DATA FOR PROCESSING
┄┄┄┄┄┄
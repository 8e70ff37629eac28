//! Machines behind locks whose passes go to those who work at them, and come back.
#![tactic(auto)]

pub mod desks;
pub mod locks;
mod room;
pub mod rows;
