//! A plain and slow desk: its versions stand in one list, and every look-up goes over all of it.
//!
//! Each call makes one step, as `Step` has it, for a list whose texts are handed in by the trait
//! `Text`. There is no index and no keeper: whether a keeper would take the row is a word of the
//! caller. The product shares nothing with it. Read `create` first.

mod adding;
mod creating;
mod editing;
mod lookups;
mod memory;
mod replies;
mod sizes;
mod telling;
mod texts;
mod versions;

pub use adding::Change;
pub use creating::create;
pub use editing::edit;
pub use memory::NoMemory;
pub use replies::{CreateRefusal, EditRefusal, ModelVersion, Refusal, Reply, ShowRefusal};
pub use telling::{list, show};
pub use texts::{EditFault, ModelFault, Text, TextFault, Unchanged, Unread};
pub use versions::{CreateRequest, EditRequest, Row, Version};
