ghost use Rattle.std.specs.Prelude.{◌≡◌, ◌++◌, [], ◌∷◌, codes};
ghost use Rattle.theory_session.specs.Printed.{replies_text};
ghost use Rattle.theory_session.specs.Sizes.{printed};
ghost use Rattle.theory_session.specs.Steps.{Run};
ghost use Rattle.theory_session.specs.WorkedDesk.{text_from, tax_text, edit_script, edit_replies, tax_1, tax_2};
ghost use Rattle.theory_session.specs.WorkedDesk.{keeper_script, keeper_replies, memory_replies, bare_1, bare_2, show_script, show_replies, loose_1, id_script, id_replies};

use crate::laws_desk::Meant;

/// An edit is accepted once; a later one names an old version; its id is used once.
pub fn an_edit_is_accepted_once<D: Meant>()
    ensures run { Run D.meanings [] edit_script edit_replies (tax_1 ∷ tax_2 ∷ []) }
    ensures text { printed tax_1 ≡ tax_text }
    ensures print { replies_text edit_replies ≡ text_from (codes "created tax 1" ∷ codes "edited tax 2"
        ∷ codes "refused Stale 2" ∷ codes "edited tax 2" ∷ codes "refused IdReused 2" ∷ []) }
{}

/// Where the keeper fails or memory is wanting nothing is added, and the edit may be sent again.
pub fn a_failed_edit_is_sent_again<D: Meant>()
    ensures keeper { Run D.meanings [] keeper_script keeper_replies (bare_1 ∷ bare_2 ∷ []) }
    ensures memory { Run D.meanings [] keeper_script memory_replies (bare_1 ∷ bare_2 ∷ []) }
    ensures print { replies_text keeper_replies ≡ text_from (codes "created m 1"
        ∷ codes "refused KeeperFault" ∷ codes "edited m 2" ∷ []) }
{}

/// A version is shown as it is printed; what isn't there is refused.
pub fn a_version_is_shown_as_printed<D: Meant>()
    ensures run { Run D.meanings [] show_script show_replies (loose_1 ∷ []) }
    ensures print { replies_text show_replies ≡ text_from (codes "created m 1" ∷ codes "text of m 1"
        ∷ codes "model m" ∷ codes "var x" ∷ codes "claim C: 2*x + 1 >= 3/2" ∷ codes "end"
        ∷ codes "models 1" ∷ codes "  m 1" ∷ codes "refused UnknownVersion 1"
        ∷ codes "refused UnknownClaim" ∷ codes "refused UnknownName 1" ∷ []) }
{}

/// Ids are those of one model: a creation comes again by its own id and body alone.
pub fn ids_are_used_once_in_a_model<D: Meant>()
    ensures { Run D.meanings (bare_1 ∷ bare_2 ∷ []) id_script id_replies (bare_1 ∷ bare_2 ∷ []) }
{}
┄┄┄┄┄┄
WORK TO COMPLETE
Repeat each entry above exactly as it appears.

RESPONSE BELOW
repository 8e70ff37629eac28
//! Machines behind locks whose passes go to those who work at them, and come back.
#![tactic(auto)]

pub mod desks;
pub mod locks;
mod room;
pub mod rows;
//! A plain and slow desk: its versions stand in one list, and every look-up goes over all of it.
//!
//! Each call makes one step, as `Step` has it, for a list whose texts are handed in by the trait
//! `Text`. There is no index and no keeper: whether a keeper would take the row is a word of the
//! caller. The product shares nothing with it. Read `create` first.

mod adding;
mod creating;
mod editing;
mod lookups;
mod memory;
mod replies;
mod sizes;
mod telling;
mod texts;
mod versions;

pub use adding::Change;
pub use creating::create;
pub use editing::edit;
pub use memory::NoMemory;
pub use replies::{CreateRefusal, EditRefusal, ModelVersion, Refusal, Reply, ShowRefusal};
pub use telling::{list, show};
pub use texts::{EditFault, ModelFault, Text, TextFault, Unchanged, Unread};
pub use versions::{CreateRequest, EditRequest, Row, Version};
ghost use Rattle.std.specs.Prelude.{◌≡◌, ◌++◌, [], ◌∷◌, codes};
ghost use Rattle.theory_session.specs.Printed.{replies_text};
ghost use Rattle.theory_session.specs.Sizes.{printed};
ghost use Rattle.theory_session.specs.Steps.{Run};
ghost use Rattle.theory_session.specs.WorkedDesk.{text_from, tax_text, edit_script, edit_replies, tax_1, tax_2};
ghost use Rattle.theory_session.specs.WorkedDesk.{keeper_script, keeper_replies, memory_replies, bare_1, bare_2, show_script, show_replies, loose_1, id_script, id_replies};

use crate::laws_desk::Meant;

/// An edit is accepted once; a later one names an old version; its id is used once.
pub fn an_edit_is_accepted_once<D: Meant>()
    ensures run { Run D.meanings [] edit_script edit_replies (tax_1 ∷ tax_2 ∷ []) }
    ensures text { printed tax_1 ≡ tax_text }
    ensures print { replies_text edit_replies ≡ text_from (codes "created tax 1" ∷ codes "edited tax 2"
        ∷ codes "refused Stale 2" ∷ codes "edited tax 2" ∷ codes "refused IdReused 2" ∷ []) }
{}

/// Where the keeper fails or memory is wanting nothing is added, and the edit may be sent again.
pub fn a_failed_edit_is_sent_again<D: Meant>()
    ensures keeper { Run D.meanings [] keeper_script keeper_replies (bare_1 ∷ bare_2 ∷ []) }
    ensures memory { Run D.meanings [] keeper_script memory_replies (bare_1 ∷ bare_2 ∷ []) }
    ensures print { replies_text keeper_replies ≡ text_from (codes "created m 1"
        ∷ codes "refused KeeperFault" ∷ codes "edited m 2" ∷ []) }
{}

/// A version is shown as it is printed; what isn't there is refused.
pub fn a_version_is_shown_as_printed<D: Meant>()
    ensures run { Run D.meanings [] show_script show_replies (loose_1 ∷ []) }
    ensures print { replies_text show_replies ≡ text_from (codes "created m 1" ∷ codes "text of m 1"
        ∷ codes "model m" ∷ codes "var x" ∷ codes "claim C: 2*x + 1 >= 3/2" ∷ codes "end"
        ∷ codes "models 1" ∷ codes "  m 1" ∷ codes "refused UnknownVersion 1"
        ∷ codes "refused UnknownClaim" ∷ codes "refused UnknownName 1" ∷ []) }
{}

/// Ids are those of one model: a creation comes again by its own id and body alone.
pub fn ids_are_used_once_in_a_model<D: Meant>()
    ensures { Run D.meanings (bare_1 ∷ bare_2 ∷ []) id_script id_replies (bare_1 ∷ bare_2 ∷ []) }
{}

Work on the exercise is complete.